In 2017, Vice President Gabriela Michetti and counselor Jaime Durán Barba, among other officials, were criminally charged in the federal courts for mounting a network of official trolls financed with public funds from the Senate with the aim of intimidating opponents. According to the complaint, the vice president would have set up a network of pro-government tweeters, and to finance this device would have diverted at least 1.5 million pesos from the Senate. In the complaint, Eduardo Cura, ex-husband of the president of the Senate and director of the Canal Ciudad, and Paula Schuster, spokesperson for Michetti, were also included.

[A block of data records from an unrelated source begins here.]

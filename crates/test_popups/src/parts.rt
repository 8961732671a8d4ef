//! The parts that many cases share, by their names. Each list of their rows is named in one
//! function alone: what a body takes to prove grows with the
//! square of the references in it.

use crate::grabs::{
    DISMISSES, DISMISSES_UNMAPPED, GETS, GRABS, GRABS_DISMISSED, MAPS_5, STAYS_DISMISSED,
};
use crate::outside::{
    GETS_SUBMENU, GOES_OUT, MAPS_4, SUBMENU_GRABS, SUBMENU_MAPS as OUTSIDE_SUBMENU_MAPS, SURFACE_22,
};
use crate::pointing::{CLICKS_NOTHING, LEAVES, PRESSES, RELEASES};
use crate::popups::POPUP_SHOWS as POPUPS_POPUP_SHOWS;
use crate::repositions::{PLACED_AGAIN, PLACED_ANEW, POPUP_SHOWS as REPOSITIONS_POPUP_SHOWS};
use crate::rivals::{
    CLICKS_FIRST, FIRST_GETS, PRESSES_NEXT, PRESSES_SECOND, SECOND_GETS, SECOND_GRABS, SECOND_MAPS,
    SECOND_SEATED, SHOWS_SECOND,
};
use crate::submenus::{POSITIONER_21, SUBMENU, SUBMENU_MAPS as SUBMENUS_SUBMENU_MAPS};
use crate::support::{OUTPUT, POPUP, POPUP_MAPS, POSITIONER, SURFACE};
use std::alloc::Global;
use test_rows::begun::{SEATED, SECOND};
use test_rows::rows::{Fault, Row, play_in};
use wl_session::Session;

/// A part of a case.
#[derive(Clone, Copy)]
pub(crate) enum Part {
    /// Rows of its own.
    Own(&'static [Row<'static>]),
    Seated,
    Second,
    Surface,
    Positioner,
    Popup,
    PopupMaps,
    Presses,
    Releases,
    Leaves,
    ClicksNothing,
    Gets,
    Grabs,
    MapsGrabbing,
    StaysDismissed,
    Dismisses,
    GrabsDismissed,
    DismissesUnmapped,
    MapsPressed,
    Surface22,
    GetsSubmenu,
    SubmenuGrabs,
    SubmenuMapsGrabbing,
    GoesOut,
    PopupShows,
    Positioner21,
    Submenu,
    SubmenuMaps,
    ShowsSecond,
    SecondSeated,
    PressesSecond,
    SecondGets,
    SecondGrabs,
    SecondMaps,
    ClicksFirst,
    PressesNext,
    FirstGets,
    GreenPopup,
    PlacedAnew,
    PlacedAgain,
}

/// A case: its name, and the parts that are played in turn in a session of its own.
pub(crate) type Case<'a> = (&'a str, &'a [Part]);

fn seated() -> &'static [Row<'static>] {
    SEATED
}

fn second() -> &'static [Row<'static>] {
    SECOND
}

fn surface() -> &'static [Row<'static>] {
    SURFACE
}

fn positioner() -> &'static [Row<'static>] {
    POSITIONER
}

fn popup() -> &'static [Row<'static>] {
    POPUP
}

fn popup_maps() -> &'static [Row<'static>] {
    POPUP_MAPS
}

fn presses() -> &'static [Row<'static>] {
    PRESSES
}

fn releases() -> &'static [Row<'static>] {
    RELEASES
}

fn leaves() -> &'static [Row<'static>] {
    LEAVES
}

fn clicks_nothing() -> &'static [Row<'static>] {
    CLICKS_NOTHING
}

fn gets() -> &'static [Row<'static>] {
    GETS
}

fn grabs() -> &'static [Row<'static>] {
    GRABS
}

fn maps_grabbing() -> &'static [Row<'static>] {
    MAPS_5
}

fn stays_dismissed() -> &'static [Row<'static>] {
    STAYS_DISMISSED
}

fn dismisses() -> &'static [Row<'static>] {
    DISMISSES
}

fn grabs_dismissed() -> &'static [Row<'static>] {
    GRABS_DISMISSED
}

fn dismisses_unmapped() -> &'static [Row<'static>] {
    DISMISSES_UNMAPPED
}

fn maps_pressed() -> &'static [Row<'static>] {
    MAPS_4
}

fn surface_22() -> &'static [Row<'static>] {
    SURFACE_22
}

fn gets_submenu() -> &'static [Row<'static>] {
    GETS_SUBMENU
}

fn submenu_grabs() -> &'static [Row<'static>] {
    SUBMENU_GRABS
}

fn submenu_maps_grabbing() -> &'static [Row<'static>] {
    OUTSIDE_SUBMENU_MAPS
}

fn goes_out() -> &'static [Row<'static>] {
    GOES_OUT
}

fn popup_shows() -> &'static [Row<'static>] {
    POPUPS_POPUP_SHOWS
}

fn positioner_21() -> &'static [Row<'static>] {
    POSITIONER_21
}

fn submenu() -> &'static [Row<'static>] {
    SUBMENU
}

fn submenu_maps() -> &'static [Row<'static>] {
    SUBMENUS_SUBMENU_MAPS
}

fn shows_second() -> &'static [Row<'static>] {
    SHOWS_SECOND
}

fn second_seated() -> &'static [Row<'static>] {
    SECOND_SEATED
}

fn presses_second() -> &'static [Row<'static>] {
    PRESSES_SECOND
}

fn second_gets() -> &'static [Row<'static>] {
    SECOND_GETS
}

fn second_grabs() -> &'static [Row<'static>] {
    SECOND_GRABS
}

fn second_maps() -> &'static [Row<'static>] {
    SECOND_MAPS
}

fn clicks_first() -> &'static [Row<'static>] {
    CLICKS_FIRST
}

fn presses_next() -> &'static [Row<'static>] {
    PRESSES_NEXT
}

fn first_gets() -> &'static [Row<'static>] {
    FIRST_GETS
}

fn green_popup() -> &'static [Row<'static>] {
    REPOSITIONS_POPUP_SHOWS
}

fn placed_anew() -> &'static [Row<'static>] {
    PLACED_ANEW
}

fn placed_again() -> &'static [Row<'static>] {
    PLACED_AGAIN
}

fn rows_of(part: Part) -> &'static [Row<'static>] {
    match part {
        Part::Own(rows) => rows,
        Part::Seated => seated(),
        Part::Second => second(),
        Part::Surface => surface(),
        Part::Positioner => positioner(),
        Part::Popup => popup(),
        Part::PopupMaps => popup_maps(),
        Part::Presses => presses(),
        Part::Releases => releases(),
        Part::Leaves => leaves(),
        Part::ClicksNothing => clicks_nothing(),
        Part::Gets => gets(),
        Part::Grabs => grabs(),
        Part::MapsGrabbing => maps_grabbing(),
        Part::StaysDismissed => stays_dismissed(),
        Part::Dismisses => dismisses(),
        Part::GrabsDismissed => grabs_dismissed(),
        Part::DismissesUnmapped => dismisses_unmapped(),
        Part::MapsPressed => maps_pressed(),
        Part::Surface22 => surface_22(),
        Part::GetsSubmenu => gets_submenu(),
        Part::SubmenuGrabs => submenu_grabs(),
        Part::SubmenuMapsGrabbing => submenu_maps_grabbing(),
        Part::GoesOut => goes_out(),
        Part::PopupShows => popup_shows(),
        Part::Positioner21 => positioner_21(),
        Part::Submenu => submenu(),
        Part::SubmenuMaps => submenu_maps(),
        Part::ShowsSecond => shows_second(),
        Part::SecondSeated => second_seated(),
        Part::PressesSecond => presses_second(),
        Part::SecondGets => second_gets(),
        Part::SecondGrabs => second_grabs(),
        Part::SecondMaps => second_maps(),
        Part::ClicksFirst => clicks_first(),
        Part::PressesNext => presses_next(),
        Part::FirstGets => first_gets(),
        Part::GreenPopup => green_popup(),
        Part::PlacedAnew => placed_anew(),
        Part::PlacedAgain => placed_again(),
    }
}

fn play_parts(alloc: Global, session: &mut Session<Global>, parts: &[Part]) -> Result<(), Fault> {
    for (place, part) in parts.iter().enumerate() {
        match play_in(alloc, session, &[rows_of(*part)]) {
            Ok(()) => {}
            Err(Fault::Row(_, row)) => return Err(Fault::Row(place, row)),
            Err(Fault::NoSession) => return Err(Fault::NoSession),
        }
    }
    Ok(())
}

fn play_both(
    alloc: Global,
    session: &mut Session<Global>,
    first: &[&[Row]],
    parts: &[Part],
) -> Result<(), Fault> {
    play_in(alloc, session, first)?;
    play_parts(alloc, session, parts)
}

fn play(alloc: Global, first: &[&[Row]], parts: &[Part]) -> Result<(), Fault> {
    match Session::new(alloc, OUTPUT) {
        Ok(mut session) => play_both(alloc, &mut session, first, parts),
        Err(_) => Err(Fault::NoSession),
    }
}

/// The first of the cases that isn't as wanted, each in a session of its own after what they all
/// begin with, and what wasn't.
pub(crate) fn first_missed(
    alloc: Global,
    first: &[&[Row]],
    cases: &[Case],
) -> Option<(usize, Fault)> {
    for (place, &(_, parts)) in cases.iter().enumerate() {
        if let Err(fault) = play(alloc, first, parts) {
            return Some((place, fault));
        }
    }
    None
}
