//! Tests of popups in a session, by tables of what is done in one and what is wanted of it. They
//! are about where popups stand, what is painted again as they come, change and go, and what is
//! told of them. Others are about how they are placed anew, how their requests are refused, and how
//! they grab and are dismissed.
#![tactic(auto)]

#[cfg(test)]
mod grabs;
#[cfg(test)]
mod outside;
#[cfg(test)]
mod parts;
#[cfg(test)]
mod pointing;
#[cfg(test)]
mod popups;
#[cfg(test)]
mod refused;
#[cfg(test)]
mod repositions;
#[cfg(test)]
mod rivals;
#[cfg(test)]
mod stacked;
#[cfg(test)]
mod submenus;
#[cfg(test)]
mod support;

In 2018, in the Official Gazette on Monday, January 22, the allocation of 247 million pesos to 10 consultants was revealed to carry out 67 surveys in the next 6 months for the government of the City of Buenos Aires. As a result of them, a Buenos Aires newspaper revealed that two of these companies are closely linked to Jaime Durán Barba, Inversora Boroca SA and Green Consult SRL. Together, they received benefits for almost 71 million pesos from the government of Rodriguez Larreta. Parallelly according to the News Magazine that same month, between 2016 and 2017, Inversora Boroca SA billed the Buenos Aires Government directed by the PRO, around 7 million pesos. " The IGJ observed the papers presented for the capital increase and demanded the presentation of the balance owed.

It has a department in Recoleta, registered in the name of Trabulsi Management INC, a company created in 1999 in the British Virgin Islands - one of the largest tax havens on the planet, of which Durán Barba and his partner were directors and even had a general power of attorney to operate on his behalf when he settled in Panama.

Trabulsi Management INC has no offices or activity in Argentina, but was registered in the AFIP, according to official records, in November 2015, ten days before the triumph of Macri over Daniel Scioli in the presidential ballotage.

==Tax evasion==

He is cited in the Pandora Papers in 2021.

== Political views ==
Durán Barba has expressed pro-choice views regarding the abortion debate. In an interview published by La Nación in November 2014, Durán Barba said, referring to Cambiemos: "We are in favor of freedom; [...] if a woman wants to have an abortion, let her have an abortion".